Excluding outliers and influential cases does not help. Now I can
think about 4 solutions, but I am not sure when it is justified to
decide on one of these:

1. Keep the model and the variables as they are (but maybe use robust
standard errors) - is this possible under certain conditions, even if
I have heteroskedasticity and non-normality of residuals, and when is
this justified?

2. Transform the dependent variable. If I take the ln of the dependent
variable, the residuals get closer to a normal distribution, and it
gets closer to homoskedasticity. But then there is the problem of
interpreting the results.

3. Generalised least square model (gls): Use this instead. This is a
solution to heteroskedasticity, but do the residuals have to be
normally distributed in gls as well? What other new assumptions of gls
might cause new problems (pros/cons gls vs. OLS)? And how can I do
this in Stata? (Somehow with calculating a weight, I think...)

4. Generalised linear model (glm): In some sources I read that this
also accounts for heteroskedasticity, in other sources not. Again,
what about the normal distribution of residuals here? I heard that glm
is better than OLS for non-negative dependent variables, is that
correct? What are other assumptions of gls that could make me still
prefer OLS? If I used it ,and if my dependent variable is
non-negative, and residuals are right skewed, do I have to "tell" that
Stata when estimating the model, or can I run it as it is?

(I quickly ran -glm- already, without any special specifications, and
the results are the same as from the OLS model.)

In sum, I need some decision-making support. What is the best thing to
do in this case?
One thing that would help is a comparison of assumptions of OLS, gls,
glm. I am aware of the assumptions of OLS models, but for gls and glm
I did not find comprehensive lists and explanations.

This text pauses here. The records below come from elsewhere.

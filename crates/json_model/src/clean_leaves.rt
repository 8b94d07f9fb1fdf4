//! Leaves without faults, read.

ghost use Rattle.std.specs.Prelude.{◌≡◌, ℕ, ℤ, true, IfOk, IfSome};
ghost use Rattle.document_keys.specs.Names.{IsKey, name_text};
ghost use Rattle.serde_json.specs.Data.{boolean};
ghost use Rattle.serde_json.specs.View.{view};
ghost use Rattle.value_model.specs.Storable.{IsStorableKey, IsStorableSegment};
ghost use Rattle.value_model.specs.Time.{IsMoment};
ghost use Rattle.json_model.specs.declared.place.Place.TheVariants as places;
ghost use Rattle.json_model.specs.declared.place.Leaf.TheVariants as leaves;
ghost use Rattle.json_model.specs.declared.fault.JsonFault.TheVariants as json_fault;
ghost use Rattle.json_model.specs.Clean.{IsClean};
ghost use Rattle.json_model.specs.Constants.{is_constant};
ghost use Rattle.json_model.specs.Grammar.{SpellsTime, SpellsName, SpellsText, SpellsBytesTree, SpellsPathTree, SpellsId, SpellsParent, SpellsQueryPathTree};
ghost use Rattle.json_model.specs.Leaves.{FitsLeaf, is_of_text, FitsText, IsDocumentText};
ghost use Rattle.json_model.specs.Numbers.{SpellsWhole, SpellsShort, SpellsUpTo, max_count, max_code, max_listener_id};
ghost use Rattle.json_model.specs.Storable.{IsStorablePath, IsStorableQueryPath};

use crate::bytes::read_bytes;
use crate::fault::JsonFault;
use crate::names::{is_documents, read_key, read_path, read_query_path, read_segment};
use crate::numbers::{MAX_CODE, MAX_COUNT, MAX_LISTENER_ID, read_short, read_up_to, read_whole};
use crate::place::{Constants, Leaf};
use crate::scalars::read_time;
use crate::setting::Setting;
use crate::texts::{show_key, show_path, show_segment};
use document_keys::{Database, DocumentKey, FieldPath, NoMemory, Segment};
use serde_json::Value as Json;
use std::alloc::Global;
use value_model::Timestamp;

/// A fault that is want of memory, as such.
fn want_of_memory(fault: JsonFault) -> NoMemory
    requires { fault ≡ json_fault.NoMemory }
{
    match fault {
        JsonFault::NoMemory => NoMemory,
        _ => unreachable!(),
    }
}

/// A leaf without faults is what may stand there. Nothing is done when this runs.
#[tactic(auto, using(crate::proofs::Fine::clean_leaf))]
fn show_leaf(_setting: &Setting<'_>, _leaf: Leaf, _json: &Json)
    requires { IsClean _setting.now (places.Leaf _leaf) (view _json.now) }
    ensures { FitsLeaf _setting.now.root _leaf (view _json.now) }
{}

/// The text of a leaf that is one.
fn clean_leaf_text<'a>(_setting: &Setting<'_>, _leaf: Leaf, json: &'a Json) -> &'a str
    requires clean { IsClean _setting.now (places.Leaf _leaf) (view json.now) }
    requires of_text { is_of_text _leaf ≡ true }
    ensures text { SpellsText (view json.now) result.now }
    ensures fits { FitsText _setting.now.root _leaf result.now }
{
    match json.as_str() {
        Some(text) => text,
        None => unreachable!(),
    }
}

/// true or false.
pub fn clean_boolean(setting: &Setting<'_>, json: &Json) -> bool
    requires { IsClean setting.now (places.Leaf leaves.Boolean) (view json.now) }
    ensures { view json.now ≡ boolean result }
{
    show_leaf(setting, Leaf::Boolean, json);
    match json.as_bool() {
        Some(is) => is,
        None => unreachable!(),
    }
}

/// A whole number.
pub fn clean_integer(setting: &Setting<'_>, json: &Json) -> i64
    requires { IsClean setting.now (places.Leaf leaves.Integer) (view json.now) }
    ensures { SpellsWhole (view json.now) result }
{
    show_leaf(setting, Leaf::Integer, json);
    match read_whole(json) {
        Some(number) => number,
        None => unreachable!(),
    }
}

/// A time.
pub fn clean_time(setting: &Setting<'_>, json: &Json) -> Timestamp
    requires { IsClean setting.now (places.Leaf leaves.Time) (view json.now) }
    ensures time { SpellsTime (view json.now) result }
    ensures moment { IsMoment result }
{
    show_leaf(setting, Leaf::Time, json);
    match read_time(json) {
        Some(time) => time,
        None => unreachable!(),
    }
}

/// A text.
pub fn clean_text<'a>(setting: &Setting<'_>, json: &'a Json) -> &'a str
    requires { IsClean setting.now (places.Leaf leaves.Text) (view json.now) }
    ensures { SpellsText (view json.now) result.now }
{
    show_leaf(setting, Leaf::Text, json);
    match json.as_str() {
        Some(text) => text,
        None => unreachable!(),
    }
}

/// Bytes.
///
/// # Errors
/// `NoMemory`
pub fn clean_bytes(alloc: Global, setting: &Setting<'_>, json: &Json) -> Result<Vec<u8>, NoMemory>
    requires { IsClean setting.now (places.Leaf leaves.Bytes) (view json.now) }
    ensures { IfOk result (λ bytes. SpellsBytesTree (view json.now) bytes.items) }
{
    let text = clean_leaf_text(setting, Leaf::Bytes, json);
    match read_bytes(alloc, text)? {
        Some(bytes) => Ok(bytes),
        None => unreachable!(),
    }
}

/// The key of the document that the text names.
fn clean_key(alloc: Global, root: &Database, text: &str) -> Result<DocumentKey, NoMemory>
    requires { IsDocumentText root.now text.now }
    ensures name { IfOk result (λ key. IsKey key × (text.now ≡ name_text root.now key)) }
    ensures storable { IfOk result IsStorableKey }
{
    match read_key(alloc, root, text) {
        Ok(key) => {
            show_key(&key);
            Ok(key)
        }
        Err(fault) => Err(want_of_memory(fault)),
    }
}

/// The key of the document that the tree names.
///
/// # Errors
/// `NoMemory`
pub fn clean_name(
    alloc: Global,
    setting: &Setting<'_>,
    json: &Json,
) -> Result<DocumentKey, NoMemory>
    requires { IsClean setting.now (places.Leaf leaves.Name) (view json.now) }
    ensures name { IfOk result (λ key. SpellsName setting.now.root (view json.now) key) }
    ensures storable { IfOk result IsStorableKey }
{
    let text = clean_leaf_text(setting, Leaf::Name, json);
    clean_key(alloc, setting.root, text)
}

/// The path of a field.
///
/// # Errors
/// `NoMemory`
#[tactic(auto, using(crate::proofs::OneLeaf::no_path_fault))]
pub fn clean_path(alloc: Global, setting: &Setting<'_>, json: &Json) -> Result<FieldPath, NoMemory>
    requires { IsClean setting.now (places.Leaf leaves.Path) (view json.now) }
    ensures path { IfOk result (λ path. SpellsPathTree (view json.now) path) }
    ensures storable { IfOk result IsStorablePath }
{
    let text = clean_leaf_text(setting, Leaf::Path, json);
    match read_path(alloc, text) {
        Ok(path) => {
            show_path(&path);
            Ok(path)
        }
        Err(fault) => Err(want_of_memory(fault)),
    }
}

/// The id of a collection.
///
/// # Errors
/// `NoMemory`
pub fn clean_id(alloc: Global, setting: &Setting<'_>, json: &Json) -> Result<Segment, NoMemory>
    requires { IsClean setting.now (places.Leaf leaves.Id) (view json.now) }
    ensures id { IfOk result (λ id. SpellsId (view json.now) id) }
    ensures storable { IfOk result IsStorableSegment }
{
    let text = clean_leaf_text(setting, Leaf::Id, json);
    match read_segment(alloc, text)? {
        Some(id) => {
            show_segment(&id);
            Ok(id)
        }
        None => unreachable!(),
    }
}

/// The key of the document that the tree names; none, where that is the root's `documents`.
///
/// # Errors
/// `NoMemory`
pub fn clean_parent(
    alloc: Global,
    setting: &Setting<'_>,
    json: &Json,
) -> Result<Option<DocumentKey>, NoMemory>
    requires { IsClean setting.now (places.Leaf leaves.Parent) (view json.now) }
    ensures parent { IfOk result (λ parent. SpellsParent setting.now.root (view json.now) parent) }
    ensures storable { IfOk result (λ parent. IfSome parent IsStorableKey) }
{
    let text = clean_leaf_text(setting, Leaf::Parent, json);
    if is_documents(setting.root, text) {
        return Ok(None);
    }
    Ok(Some(clean_key(alloc, setting.root, text)?))
}

/// The path of a field in a query, or `__name__`.
///
/// # Errors
/// `NoMemory`
#[tactic(auto, using(crate::proofs::OneLeaf::no_query_fault))]
pub fn clean_query_path(
    alloc: Global,
    setting: &Setting<'_>,
    json: &Json,
) -> Result<FieldPath, NoMemory>
    requires { IsClean setting.now (places.Leaf leaves.QueryPath) (view json.now) }
    ensures path { IfOk result (λ path. SpellsQueryPathTree (view json.now) path) }
    ensures storable { IfOk result IsStorableQueryPath }
{
    let text = clean_leaf_text(setting, Leaf::QueryPath, json);
    match read_query_path(alloc, text) {
        Ok(path) => {
            show_path(&path);
            Ok(path)
        }
        Err(fault) => Err(want_of_memory(fault)),
    }
}

/// The whole number of 32 bits with sign that the tree spells.
fn clean_short(json: &Json) -> i32
    requires { (z : ℤ) × SpellsShort (view json.now) z }
    ensures { SpellsShort (view json.now) result }
{
    match read_short(json) {
        Some(number) => number,
        None => unreachable!(),
    }
}

/// A whole number of 32 bits with sign.
pub fn clean_limit(setting: &Setting<'_>, json: &Json) -> i32
    requires { IsClean setting.now (places.Leaf leaves.Limit) (view json.now) }
    ensures { SpellsShort (view json.now) result }
{
    show_leaf(setting, Leaf::Limit, json);
    clean_short(json)
}

/// The id of a target.
pub fn clean_target_id(setting: &Setting<'_>, json: &Json) -> i32
    requires { IsClean setting.now (places.Leaf leaves.TargetId) (view json.now) }
    ensures { SpellsShort (view json.now) result }
{
    show_leaf(setting, Leaf::TargetId, json);
    clean_short(json)
}

/// The whole number from 0 to the most that the tree spells.
fn clean_up_to(most: u32, json: &Json) -> u32
    requires { (n : ℕ) × SpellsUpTo most (view json.now) n }
    ensures { SpellsUpTo most (view json.now) result }
{
    match read_up_to(most, json) {
        Some(number) => number,
        None => unreachable!(),
    }
}

/// A number of documents.
pub fn clean_count(setting: &Setting<'_>, json: &Json) -> u32
    requires { IsClean setting.now (places.Leaf leaves.Count) (view json.now) }
    ensures { SpellsUpTo max_count (view json.now) result }
{
    show_leaf(setting, Leaf::Count, json);
    clean_up_to(MAX_COUNT, json)
}

/// The code of a status.
pub fn clean_code(setting: &Setting<'_>, json: &Json) -> u8
    requires { IsClean setting.now (places.Leaf leaves.Code) (view json.now) }
    ensures { SpellsUpTo max_code (view json.now) result }
{
    show_leaf(setting, Leaf::Code, json);
    clean_up_to(MAX_CODE, json) as u8
}

/// The id of a listener.
pub fn clean_listener_id(setting: &Setting<'_>, json: &Json) -> u32
    requires { IsClean setting.now (places.Leaf leaves.ListenerId) (view json.now) }
    ensures { SpellsUpTo max_listener_id (view json.now) result }
{
    show_leaf(setting, Leaf::ListenerId, json);
    clean_up_to(MAX_LISTENER_ID, json)
}

/// The text of a constant.
pub fn clean_constant<'a>(setting: &Setting<'_>, which: Constants, json: &'a Json) -> &'a str
    requires { IsClean setting.now (places.Leaf (leaves.Constant which)) (view json.now) }
    ensures text { SpellsText (view json.now) result.now }
    ensures constant { is_constant which result.now ≡ true }
{
    clean_leaf_text(setting, Leaf::Constant(which), json)
}
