//! Laws of trees and what they spell. Nothing is done when they run.

ghost use Rattle.json_model.specs.Laws.{ATreeSpellsOnce, FaultsAreOne, FitsWithoutFaults, NoFaultSpells, PrintedFieldsReadBack, ReadAscends};

/// A tree is of the form exactly where it has no fault.
#[tactic(auto, using(crate::proofs::Fitting::clean_fits, crate::proofs::Fitting::fits_clean))]
pub fn fits_without_faults()
    ensures { FitsWithoutFaults }
{}

/// A tree without faults spells a value.
#[tactic(auto, using(crate::proofs::Spelling::no_fault_spells))]
pub fn no_fault_spells()
    ensures { NoFaultSpells }
{}

/// In a tree that is read from a text the names of each object ascend strictly.
#[tactic(auto, using(crate::proofs::ReadAscending::read_ascends))]
pub fn read_ascends()
    ensures { ReadAscends }
{}

/// What fields print reads back as them, where they can be stored and nest at most 20 deep.
pub fn printed_fields_read_back()
    ensures { PrintedFieldsReadBack }
{}

/// A tree has one list of faults at each place, and as the name of a document.
#[tactic(auto, using(crate::proofs::OneList::faults_one, crate::proofs::OneList::name_faults_one))]
pub fn faults_are_one()
    ensures { FaultsAreOne }
{}

/// A tree spells one value at most, and one list of fields, and names one key under a root.
pub fn a_tree_spells_once()
    ensures { ATreeSpellsOnce }
{}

It would be great if you could give me hints on what would be a good
solution. Maybe you know a source explaining when to use which
solution if OLS assumptions of normality and homoskedasticity are not
met.

Laura



PS: I am aware of the fact that many used Tobit for similar dependent
variables, including the zeros. My case is different, and for some
reason I do not want to do this, and I excluded the zeros.